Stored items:
»»

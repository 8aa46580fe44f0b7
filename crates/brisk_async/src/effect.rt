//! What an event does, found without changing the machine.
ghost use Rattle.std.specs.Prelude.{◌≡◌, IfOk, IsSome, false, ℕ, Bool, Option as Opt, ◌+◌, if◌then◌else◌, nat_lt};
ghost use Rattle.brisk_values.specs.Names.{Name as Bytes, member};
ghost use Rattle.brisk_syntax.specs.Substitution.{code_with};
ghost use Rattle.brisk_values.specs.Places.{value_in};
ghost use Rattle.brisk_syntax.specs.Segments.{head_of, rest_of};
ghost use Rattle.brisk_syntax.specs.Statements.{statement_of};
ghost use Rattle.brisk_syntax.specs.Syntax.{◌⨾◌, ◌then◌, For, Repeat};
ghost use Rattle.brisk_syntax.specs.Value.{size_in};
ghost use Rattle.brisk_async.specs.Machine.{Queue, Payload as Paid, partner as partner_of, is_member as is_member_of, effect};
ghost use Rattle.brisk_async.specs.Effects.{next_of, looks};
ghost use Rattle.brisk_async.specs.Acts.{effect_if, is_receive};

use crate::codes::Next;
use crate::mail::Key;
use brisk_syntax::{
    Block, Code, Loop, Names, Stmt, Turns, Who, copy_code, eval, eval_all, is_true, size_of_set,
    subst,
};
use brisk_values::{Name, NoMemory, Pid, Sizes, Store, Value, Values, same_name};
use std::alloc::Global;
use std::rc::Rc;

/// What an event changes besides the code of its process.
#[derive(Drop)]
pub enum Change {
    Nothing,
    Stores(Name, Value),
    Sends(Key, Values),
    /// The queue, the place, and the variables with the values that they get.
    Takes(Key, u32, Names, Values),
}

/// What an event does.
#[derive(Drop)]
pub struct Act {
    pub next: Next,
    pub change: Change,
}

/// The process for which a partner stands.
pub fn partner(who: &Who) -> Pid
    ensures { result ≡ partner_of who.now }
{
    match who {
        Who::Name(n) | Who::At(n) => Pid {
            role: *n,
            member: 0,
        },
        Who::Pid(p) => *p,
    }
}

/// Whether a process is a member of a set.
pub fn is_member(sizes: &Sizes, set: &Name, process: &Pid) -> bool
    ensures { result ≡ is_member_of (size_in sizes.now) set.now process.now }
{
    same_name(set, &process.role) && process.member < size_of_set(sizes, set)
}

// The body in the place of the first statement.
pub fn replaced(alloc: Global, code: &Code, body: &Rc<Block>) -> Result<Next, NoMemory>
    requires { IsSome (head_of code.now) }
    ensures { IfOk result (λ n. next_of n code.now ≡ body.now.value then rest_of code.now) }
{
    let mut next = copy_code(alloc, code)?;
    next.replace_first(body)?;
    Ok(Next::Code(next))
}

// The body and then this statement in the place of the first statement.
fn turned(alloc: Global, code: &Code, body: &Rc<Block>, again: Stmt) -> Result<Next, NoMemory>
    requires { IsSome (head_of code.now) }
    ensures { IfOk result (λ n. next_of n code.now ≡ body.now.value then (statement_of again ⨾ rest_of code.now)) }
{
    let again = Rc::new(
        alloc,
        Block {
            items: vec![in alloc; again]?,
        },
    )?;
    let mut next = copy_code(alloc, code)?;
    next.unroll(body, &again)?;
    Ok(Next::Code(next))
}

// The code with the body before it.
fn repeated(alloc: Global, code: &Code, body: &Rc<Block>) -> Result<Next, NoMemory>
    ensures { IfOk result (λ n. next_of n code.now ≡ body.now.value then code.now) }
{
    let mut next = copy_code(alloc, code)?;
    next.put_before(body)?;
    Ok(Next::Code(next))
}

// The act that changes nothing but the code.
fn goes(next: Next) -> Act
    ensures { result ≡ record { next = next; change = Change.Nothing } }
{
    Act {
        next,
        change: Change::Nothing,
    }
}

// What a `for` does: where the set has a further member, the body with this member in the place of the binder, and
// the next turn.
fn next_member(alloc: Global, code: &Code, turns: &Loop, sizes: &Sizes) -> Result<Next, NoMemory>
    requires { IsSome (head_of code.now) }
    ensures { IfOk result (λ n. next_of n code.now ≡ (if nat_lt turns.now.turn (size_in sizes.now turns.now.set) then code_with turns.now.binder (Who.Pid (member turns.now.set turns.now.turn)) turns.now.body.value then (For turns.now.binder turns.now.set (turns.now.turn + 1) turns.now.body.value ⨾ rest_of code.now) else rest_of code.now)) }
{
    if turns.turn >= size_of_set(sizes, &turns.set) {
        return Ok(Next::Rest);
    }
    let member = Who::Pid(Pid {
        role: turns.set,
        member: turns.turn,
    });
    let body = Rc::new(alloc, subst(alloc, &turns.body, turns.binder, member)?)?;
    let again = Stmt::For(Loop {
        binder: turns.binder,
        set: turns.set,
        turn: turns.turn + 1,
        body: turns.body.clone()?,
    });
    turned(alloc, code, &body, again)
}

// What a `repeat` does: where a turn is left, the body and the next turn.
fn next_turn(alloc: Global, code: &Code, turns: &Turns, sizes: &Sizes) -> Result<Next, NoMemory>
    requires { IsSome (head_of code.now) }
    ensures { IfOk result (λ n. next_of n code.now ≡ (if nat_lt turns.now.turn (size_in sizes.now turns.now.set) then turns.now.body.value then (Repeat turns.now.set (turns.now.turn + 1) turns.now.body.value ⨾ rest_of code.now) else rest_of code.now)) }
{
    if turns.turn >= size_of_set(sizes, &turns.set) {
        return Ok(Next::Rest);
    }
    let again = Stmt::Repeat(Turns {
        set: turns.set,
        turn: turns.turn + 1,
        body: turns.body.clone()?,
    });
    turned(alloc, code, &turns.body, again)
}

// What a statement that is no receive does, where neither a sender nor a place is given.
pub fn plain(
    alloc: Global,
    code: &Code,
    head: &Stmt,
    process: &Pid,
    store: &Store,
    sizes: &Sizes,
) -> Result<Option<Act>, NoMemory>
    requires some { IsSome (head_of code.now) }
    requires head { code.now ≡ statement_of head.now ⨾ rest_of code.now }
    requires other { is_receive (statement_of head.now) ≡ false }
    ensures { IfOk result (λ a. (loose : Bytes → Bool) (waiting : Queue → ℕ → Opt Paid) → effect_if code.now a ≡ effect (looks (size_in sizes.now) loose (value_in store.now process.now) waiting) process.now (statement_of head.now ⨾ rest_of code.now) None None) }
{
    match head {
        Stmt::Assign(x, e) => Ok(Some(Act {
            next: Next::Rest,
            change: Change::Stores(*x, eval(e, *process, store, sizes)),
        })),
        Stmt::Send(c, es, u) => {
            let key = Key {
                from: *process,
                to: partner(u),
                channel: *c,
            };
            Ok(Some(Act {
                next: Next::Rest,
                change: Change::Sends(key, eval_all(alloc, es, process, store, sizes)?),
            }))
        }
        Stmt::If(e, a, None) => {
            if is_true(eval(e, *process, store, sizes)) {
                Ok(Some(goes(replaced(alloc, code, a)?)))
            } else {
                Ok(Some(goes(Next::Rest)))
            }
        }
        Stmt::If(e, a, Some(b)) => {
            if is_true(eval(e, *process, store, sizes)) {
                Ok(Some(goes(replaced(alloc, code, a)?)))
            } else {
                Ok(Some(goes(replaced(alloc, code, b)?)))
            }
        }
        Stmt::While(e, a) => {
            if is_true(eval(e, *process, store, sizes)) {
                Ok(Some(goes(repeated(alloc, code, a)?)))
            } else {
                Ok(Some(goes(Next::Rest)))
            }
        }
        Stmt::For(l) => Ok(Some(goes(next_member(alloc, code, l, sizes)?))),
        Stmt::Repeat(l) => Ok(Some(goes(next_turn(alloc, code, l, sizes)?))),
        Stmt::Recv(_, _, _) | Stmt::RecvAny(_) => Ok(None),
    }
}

««

Exercise objective:
Could every record be printed again exactly as it reads?

Exercise solution:
repository 8aa46580fe44f0b7
filename crates/brisk_async/src/effect.rt
//! What an event does, found without changing the machine.
ghost use Rattle.std.specs.Prelude.{◌≡◌, IfOk, IsSome, false, ℕ, Bool, Option as Opt, ◌+◌, if◌then◌else◌, nat_lt};
ghost use Rattle.brisk_values.specs.Names.{Name as Bytes, member};
ghost use Rattle.brisk_syntax.specs.Substitution.{code_with};
ghost use Rattle.brisk_values.specs.Places.{value_in};
ghost use Rattle.brisk_syntax.specs.Segments.{head_of, rest_of};
ghost use Rattle.brisk_syntax.specs.Statements.{statement_of};
ghost use Rattle.brisk_syntax.specs.Syntax.{◌⨾◌, ◌then◌, For, Repeat};
ghost use Rattle.brisk_syntax.specs.Value.{size_in};
ghost use Rattle.brisk_async.specs.Machine.{Queue, Payload as Paid, partner as partner_of, is_member as is_member_of, effect};
ghost use Rattle.brisk_async.specs.Effects.{next_of, looks};
ghost use Rattle.brisk_async.specs.Acts.{effect_if, is_receive};

use crate::codes::Next;
use crate::mail::Key;
use brisk_syntax::{
    Block, Code, Loop, Names, Stmt, Turns, Who, copy_code, eval, eval_all, is_true, size_of_set,
    subst,
};
use brisk_values::{Name, NoMemory, Pid, Sizes, Store, Value, Values, same_name};
use std::alloc::Global;
use std::rc::Rc;

/// What an event changes besides the code of its process.
#[derive(Drop)]
pub enum Change {
    Nothing,
    Stores(Name, Value),
    Sends(Key, Values),
    /// The queue, the place, and the variables with the values that they get.
    Takes(Key, u32, Names, Values),
}

/// What an event does.
#[derive(Drop)]
pub struct Act {
    pub next: Next,
    pub change: Change,
}

/// The process for which a partner stands.
pub fn partner(who: &Who) -> Pid
    ensures { result ≡ partner_of who.now }
{
    match who {
        Who::Name(n) | Who::At(n) => Pid {
            role: *n,
            member: 0,
        },
        Who::Pid(p) => *p,
    }
}

/// Whether a process is a member of a set.
pub fn is_member(sizes: &Sizes, set: &Name, process: &Pid) -> bool
    ensures { result ≡ is_member_of (size_in sizes.now) set.now process.now }
{
    same_name(set, &process.role) && process.member < size_of_set(sizes, set)
}

// The body in the place of the first statement.
pub fn replaced(alloc: Global, code: &Code, body: &Rc<Block>) -> Result<Next, NoMemory>
    requires { IsSome (head_of code.now) }
    ensures { IfOk result (λ n. next_of n code.now ≡ body.now.value then rest_of code.now) }
{
    let mut next = copy_code(alloc, code)?;
    next.replace_first(body)?;
    Ok(Next::Code(next))
}

// The body and then this statement in the place of the first statement.
fn turned(alloc: Global, code: &Code, body: &Rc<Block>, again: Stmt) -> Result<Next, NoMemory>
    requires { IsSome (head_of code.now) }
    ensures { IfOk result (λ n. next_of n code.now ≡ body.now.value then (statement_of again ⨾ rest_of code.now)) }
{
    let again = Rc::new(
        alloc,
        Block {
            items: vec![in alloc; again]?,
        },
    )?;
    let mut next = copy_code(alloc, code)?;
    next.unroll(body, &again)?;
    Ok(Next::Code(next))
}

// The code with the body before it.
fn repeated(alloc: Global, code: &Code, body: &Rc<Block>) -> Result<Next, NoMemory>
    ensures { IfOk result (λ n. next_of n code.now ≡ body.now.value then code.now) }
{
    let mut next = copy_code(alloc, code)?;
    next.put_before(body)?;
    Ok(Next::Code(next))
}

// The act that changes nothing but the code.
fn goes(next: Next) -> Act
    ensures { result ≡ record { next = next; change = Change.Nothing } }
{
    Act {
        next,
        change: Change::Nothing,
    }
}

// What a `for` does: where the set has a further member, the body with this member in the place of the binder, and
// the next turn.
fn next_member(alloc: Global, code: &Code, turns: &Loop, sizes: &Sizes) -> Result<Next, NoMemory>
    requires { IsSome (head_of code.now) }
    ensures { IfOk result (λ n. next_of n code.now ≡ (if nat_lt turns.now.turn (size_in sizes.now turns.now.set) then code_with turns.now.binder (Who.Pid (member turns.now.set turns.now.turn)) turns.now.body.value then (For turns.now.binder turns.now.set (turns.now.turn + 1) turns.now.body.value ⨾ rest_of code.now) else rest_of code.now)) }
{
    if turns.turn >= size_of_set(sizes, &turns.set) {
        return Ok(Next::Rest);
    }
    let member = Who::Pid(Pid {
        role: turns.set,
        member: turns.turn,
    });
    let body = Rc::new(alloc, subst(alloc, &turns.body, turns.binder, member)?)?;
    let again = Stmt::For(Loop {
        binder: turns.binder,
        set: turns.set,
        turn: turns.turn + 1,
        body: turns.body.clone()?,
    });
    turned(alloc, code, &body, again)
}

// What a `repeat` does: where a turn is left, the body and the next turn.
fn next_turn(alloc: Global, code: &Code, turns: &Turns, sizes: &Sizes) -> Result<Next, NoMemory>
    requires { IsSome (head_of code.now) }
    ensures { IfOk result (λ n. next_of n code.now ≡ (if nat_lt turns.now.turn (size_in sizes.now turns.now.set) then turns.now.body.value then (Repeat turns.now.set (turns.now.turn + 1) turns.now.body.value ⨾ rest_of code.now) else rest_of code.now)) }
{
    if turns.turn >= size_of_set(sizes, &turns.set) {
        return Ok(Next::Rest);
    }
    let again = Stmt::Repeat(Turns {
        set: turns.set,
        turn: turns.turn + 1,
        body: turns.body.clone()?,
    });
    turned(alloc, code, &turns.body, again)
}

// What a statement that is no receive does, where neither a sender nor a place is given.
pub fn plain(
    alloc: Global,
    code: &Code,
    head: &Stmt,
    process: &Pid,
    store: &Store,
    sizes: &Sizes,
) -> Result<Option<Act>, NoMemory>
    requires some { IsSome (head_of code.now) }
    requires head { code.now ≡ statement_of head.now ⨾ rest_of code.now }
    requires other { is_receive (statement_of head.now) ≡ false }
    ensures { IfOk result (λ a. (loose : Bytes → Bool) (waiting : Queue → ℕ → Opt Paid) → effect_if code.now a ≡ effect (looks (size_in sizes.now) loose (value_in store.now process.now) waiting) process.now (statement_of head.now ⨾ rest_of code.now) None None) }
{
    match head {
        Stmt::Assign(x, e) => Ok(Some(Act {
            next: Next::Rest,
            change: Change::Stores(*x, eval(e, *process, store, sizes)),
        })),
        Stmt::Send(c, es, u) => {
            let key = Key {
                from: *process,
                to: partner(u),
                channel: *c,
            };
            Ok(Some(Act {
                next: Next::Rest,
                change: Change::Sends(key, eval_all(alloc, es, process, store, sizes)?),
            }))
        }
        Stmt::If(e, a, None) => {
            if is_true(eval(e, *process, store, sizes)) {
                Ok(Some(goes(replaced(alloc, code, a)?)))
            } else {
                Ok(Some(goes(Next::Rest)))
            }
        }
        Stmt::If(e, a, Some(b)) => {
            if is_true(eval(e, *process, store, sizes)) {
                Ok(Some(goes(replaced(alloc, code, a)?)))
            } else {
                Ok(Some(goes(replaced(alloc, code, b)?)))
            }
        }
        Stmt::While(e, a) => {
            if is_true(eval(e, *process, store, sizes)) {
                Ok(Some(goes(repeated(alloc, code, a)?)))
            } else {
                Ok(Some(goes(Next::Rest)))
            }
        }
        Stmt::For(l) => Ok(Some(goes(next_member(alloc, code, l, sizes)?))),
        Stmt::Repeat(l) => Ok(Some(goes(next_turn(alloc, code, l, sizes)?))),
        Stmt::Recv(_, _, _) | Stmt::RecvAny(_) => Ok(None),
    }
}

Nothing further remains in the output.